Designed & 3D-printed in BelgiumEach piece printed to order in small batches
CleverUppsShop

Materials & Care

Every Cleverupps piece is 3D-printed in our Belgian studio. Which material we use depends on what the piece needs to do — here's what each one is like and how to care for it.

PLA

Our most-used material: rigid, lightweight, prints with crisp detail, and is made from plant-derived raw materials. It's the go-to for decorative pieces and many toys.

  • Heat-sensitive: keeps its shape up to roughly 50 °C, so keep it out of parked cars, off radiators, and away from dishwashers.
  • Clean with a soft cloth, mild soap, and lukewarm (not hot) water.

PETG

Tougher and slightly flexible — it takes knocks that would crack PLA and handles temperature better. We use it where durability matters.

  • More heat-tolerant than PLA (roughly up to 70 °C), but still not dishwasher-safe unless a product page says so.
  • Clean with mild soap and lukewarm water.

TPU

A flexible, rubber-like material that bends instead of breaking. We use it for pieces that need to be soft, grippy, or squeezable.

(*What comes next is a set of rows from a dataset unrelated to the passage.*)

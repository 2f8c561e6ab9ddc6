//! The calls that a line has its session make, over any board, and what it is answered.
ghost use Rattle.scenario.specs.Calls.{IsScripted};
ghost use Rattle.scenario.specs.Made.{Fits, IsMade, IsTold};
ghost use Rattle.scenario.specs.Waits.{LooksAround};

use crate::answers::{
    Answer, Row, Said, of_acquire, of_blockers, of_cancel, of_level, of_list, of_queue, of_unlock,
    of_waiters,
};
use crate::picture::Picture;
use crate::style::Pen;
use lock_manager::{self, Call, OwnSession, Refusal, TableRow};
use lock_script::Name;
use lock_table::PartTable;
use shared_rule::Board;
use std::sync::Wait;

/// Has `session`, which a script calls `name`, make the call `call`, and answers the call. Where that is
/// about another session, `other` is the name of that one.
pub fn make<T: PartTable, B: Board<T>, H: Wait>(
    rt: &H,
    session: &mut OwnSession<T, B>,
    name: Name,
    other: Name,
    call: &Call,
) -> Answer
    requires { IsScripted call.now }
    ensures { IsMade B.seat B.view B.stack session.old session.new name other call.now result }
{
    let answer = session.make(rt, *call);
    tell(name, other, call, answer)
}

/// What the session `name` is told of `call`, which was answered `answer`. Where the call is about another
/// session, `other` is the name of that one.
fn tell(name: Name, other: Name, call: &Call, answer: lock_manager::Answer) -> Answer
    requires { Fits call.now answer }
    ensures { IsTold name other call.now answer result }
{
    match answer {
        lock_manager::Answer::Acquired(answer) => of_acquire(name, answer),
        lock_manager::Answer::Unlocked(answer) => match *call {
            Call::Unlock(_, mode, _) => of_unlock(name, mode, answer),
            _ => unreachable!(),
        },
        lock_manager::Answer::Released(count) => Answer::Said(name, Said::UnlockedAll(count)),
        lock_manager::Answer::Ended => match call {
            Call::Commit => Answer::Said(name, Said::Committed),
            Call::Abort => Answer::Said(name, Said::Aborted),
            _ => unreachable!(),
        },
        lock_manager::Answer::Level(answer) => of_level(name, answer),
        lock_manager::Answer::HasWaiters(answer) => match *call {
            Call::HasWaiters(_, mode) => of_waiters(name, mode, answer),
            _ => unreachable!(),
        },
        lock_manager::Answer::Queue(answer) => of_queue(name, answer),
        lock_manager::Answer::Blockers(answer) => of_blockers(name, other, answer),
        lock_manager::Answer::Listing(answer) => of_list(name, answer),
        lock_manager::Answer::StrongCount(Some(shown)) => match *call {
            Call::StrongCount(index) => Answer::Row(Row::Counter { index, shown }),
            _ => unreachable!(),
        },
        lock_manager::Answer::Asked(asked) => of_cancel(name, other, asked),
        _ => unreachable!(),
    }
}

/// Draws with `pen` who waits for whom: the waits among `rows`, those of the lock table in a listing, with
/// who is in the way of each, and the wait queue of each awaited object, as `session` finds them.
pub fn draw<T: PartTable, B: Board<T>, H: Wait>(
    rt: &H,
    session: &mut OwnSession<T, B>,
    pen: Pen,
    rows: &[TableRow],
) -> Result<Picture, Refusal>
    ensures { LooksAround B.seat session.old session.new }
{
    let mut picture = Picture::new(pen);
    'rows: for row in rows {
        if row.granted {
            continue;
        }
        let found = session.blockers(rt, row.tag, row.session)?;
        if picture.add(row, found.as_slice()).is_err() {
            return Err(Refusal::NoMemory);
        }
        if picture.has_queue(row.tag) {
            continue;
        }
        let queue = session.queue(rt, row.tag)?;
        if picture.add_queue(row.tag, queue.as_slice()).is_err() {
            return Err(Refusal::NoMemory);
        }
    }
    Ok(picture)
}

  • Very impact-resistant, but can still be damaged by determined chewing.
  • Clean with mild soap and lukewarm water; air-dry.

Food contact

Treat our products as not food-safe by default: 3D-printed surfaces have microscopic grooves that are hard to clean thoroughly. A product is only intended for food contact if its product page explicitly says so.

The same goes for 'dishwasher-safe' — only when explicitly stated on the product page.

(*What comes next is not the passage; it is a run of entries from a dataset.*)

//! Desks of scripts: they open and close its sessions, and give them their numbers.
ghost use Rattle.std.specs.Prelude.{◌≡◌, ◌⊎◌, ◌↔◌, ◌≤◌, ◌<◌, ◌+◌, ◌-◌, [], All, true, false, length, IfOk, IfErr, OnOk, OnErr, IsErrOf};
ghost use Rattle.lock_manager.specs.Crews.{AreOf, SeatsAre};
ghost use Rattle.scenario.specs.Numbers.{IsFull, IsKnown, IsNumbered, SeesSessions};

use connections::ManagerName;
use lock_manager::{Desk, OwnSession, Refusal, SessionPool};
use lock_table::PartTable;
use shared_rule::Board;
use std::marker::PhantomData;
use std::sync::Wait;

/// Opens and closes the sessions of a script, and gives them their numbers.
pub trait ScriptDesk<S> {
    ghost use Rattle.std.specs.Prelude.{Bool, ℕ, List};
    ghost use Rattle.local_locks.specs.declared.records.Entry.{Entry};
    ghost use Rattle.lock_manager.specs.Managers.{ManagerView};
    ghost use Rattle.shared_rule.specs.Boards.{Seated};

    // Whose sessions they are.
    ghost manager: { ManagerView };

    // How many numbers were given out, and how many sessions are open.
    ghost issued: { Self → ℕ };

    ghost live: { Self → ℕ };

    // Whether the numbers of closed sessions are given out again.
    ghost again: { Bool };

    // At which table a session is, and under which number; its database; and its local entries.
    ghost seat: { S → Seated };

    ghost database_of: { S → ℕ };

    ghost entries: { S → List Entry };

    /// Opens a session of `database`, which holds nothing. Refused where no number is left for the session,
    /// or where memory runs out; nothing has changed after a refusal.
    fn open<R: Wait>(&mut self, rt: &R, database: u32) -> Result<S, Refusal>
        ensures known { IfOk result (λ session. IsKnown (seat session) manager (issued self.new)) }
        ensures database { IfOk result (λ session. database_of session ≡ database) }
        ensures nothing { IfOk result (λ session. entries session ≡ []) }
        ensures numbered { IfOk result (λ session.
            IsNumbered again manager.limit (seat session).number (issued self.old) (issued self.new)) }
        ensures live { OnOk result (live self.new ≡ live self.old + 1) }
        ensures within { OnOk result (live self.old ≤ issued self.old → live self.new ≤ issued self.new) }
        ensures no_more { IsErrOf result Refusal.NoMoreSessions
            ↔ IsFull again (issued self.old) (live self.old) manager.limit }
        ensures no_other { IfErr result (λ refusal. (refusal ≡ Refusal.NoMoreSessions) ⊎ (refusal ≡ Refusal.NoMemory)) }
        ensures none_live { OnErr result (live self.new ≡ live self.old) }
        ensures none_issued { OnErr result (issued self.new ≡ issued self.old) };

    /// Closes `session`, one of the desk's open ones. All that the session holds is released.
    fn close<R: Wait>(&mut self, rt: &R, session: S)
        requires known { IsKnown (seat session) manager (issued self.old) }
        requires some { 0 < live self.old }
        ensures live { live self.new ≡ live self.old - 1 }
        ensures issued { issued self.new ≡ issued self.old };
}

/// A desk that gives out each session number of the manager that `M` names only once, the next number to each
/// new session.
pub struct OnceDesk<S, D: Desk<S>, M: ManagerName> {
    pub desk: D,
    pub of: PhantomData<(S, M)>,
    ghost is: { D.manager desk ≡ M.manager },
}

impl<S, D: Desk<S>, M: ManagerName> ScriptDesk<S> for OnceDesk<S, D, M> {
    ghost manager = { M.manager };

    ghost issued = { λ once. D.issued once.desk };

    ghost live = { λ once. D.live once.desk };

    ghost again = { false };

    ghost seat = { D.seat };

    ghost database_of = { D.database_of };

    ghost entries = { D.entries };

    fn open<R: Wait>(&mut self, _rt: &R, database: u32) -> Result<S, Refusal> {
        self.desk.open(database)
    }

    fn close<R: Wait>(&mut self, rt: &R, session: S) {
        self.desk.close(rt, session);
    }
}

/// A desk that gives a new session the lowest number that no open session of the manager that `M` names has.
/// Closed sessions go to the desk's pool, which has room for all sessions of the manager and lends them out
/// again.
pub struct ReusingDesk<T: PartTable, B: Board<T>, D: Desk<OwnSession<T, B>>, M: ManagerName> {
    pub desk: D,
    pub pool: SessionPool<T, B>,
    pub(crate) of: PhantomData<M>,
    ghost is: { D.manager desk ≡ M.manager },
    ghost seats: { SeatsAre B.seat D.seat },
    ghost sees: { SeesSessions D.database_of D.entries },
    ghost own: { AreOf B.seat M.manager pool.free },
    ghost known: { All (λ session. (B.seat session.board).number < D.issued desk) pool.free },
    ghost none_closed: { D.live desk ≡ D.issued desk },
    ghost free: { length pool.free ≤ D.issued desk },
    ghost issued: { D.issued desk ≤ M.manager.limit },
    ghost room: { M.manager.limit ≤ length pool.lives },
}

impl<T: PartTable, B: Board<T>, D: Desk<OwnSession<T, B>>, M: ManagerName> ScriptDesk<
    OwnSession<T, B>,
> for ReusingDesk<T, B, D, M> {
    ghost manager = { M.manager };

    ghost issued = { λ reusing. D.issued reusing.desk };

    ghost live = { λ reusing. D.live reusing.desk - length reusing.pool.free };

    ghost again = { true };

    ghost seat = { D.seat };

    ghost database_of = { D.database_of };

    ghost entries = { D.entries };

    fn open<R: Wait>(&mut self, rt: &R, database: u32) -> Result<OwnSession<T, B>, Refusal> {
        if let Some(session) = self.pool.lend(rt, database) {
            return Ok(session);
        }
        let session = self.desk.open(database)?;
        Ok(session)
    }

    fn close<R: Wait>(&mut self, rt: &R, session: OwnSession<T, B>) {
        self.pool.close(rt, &mut self.desk, session);
    }
}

Layer lines & small variations

3D printing builds each piece layer by layer, which leaves fine lines on the surface. Together with small colour and texture variations between batches, that's the signature of the technique — every piece is slightly unique, and this is not a defect.

Made to order, less waste & recycling

We print each piece when you order it instead of stockpiling inventory. That means a short production time before shipping — and far less waste from unsold stock. Print scraps in our studio are collected and reused or recycled where possible.

At end of life: 3D-printed plastics generally do not belong in household curbside recycling (PLA in particular needs industrial composting facilities). Please check your local waste rules — or send a well-loved piece back to us and we'll dispose of it responsibly.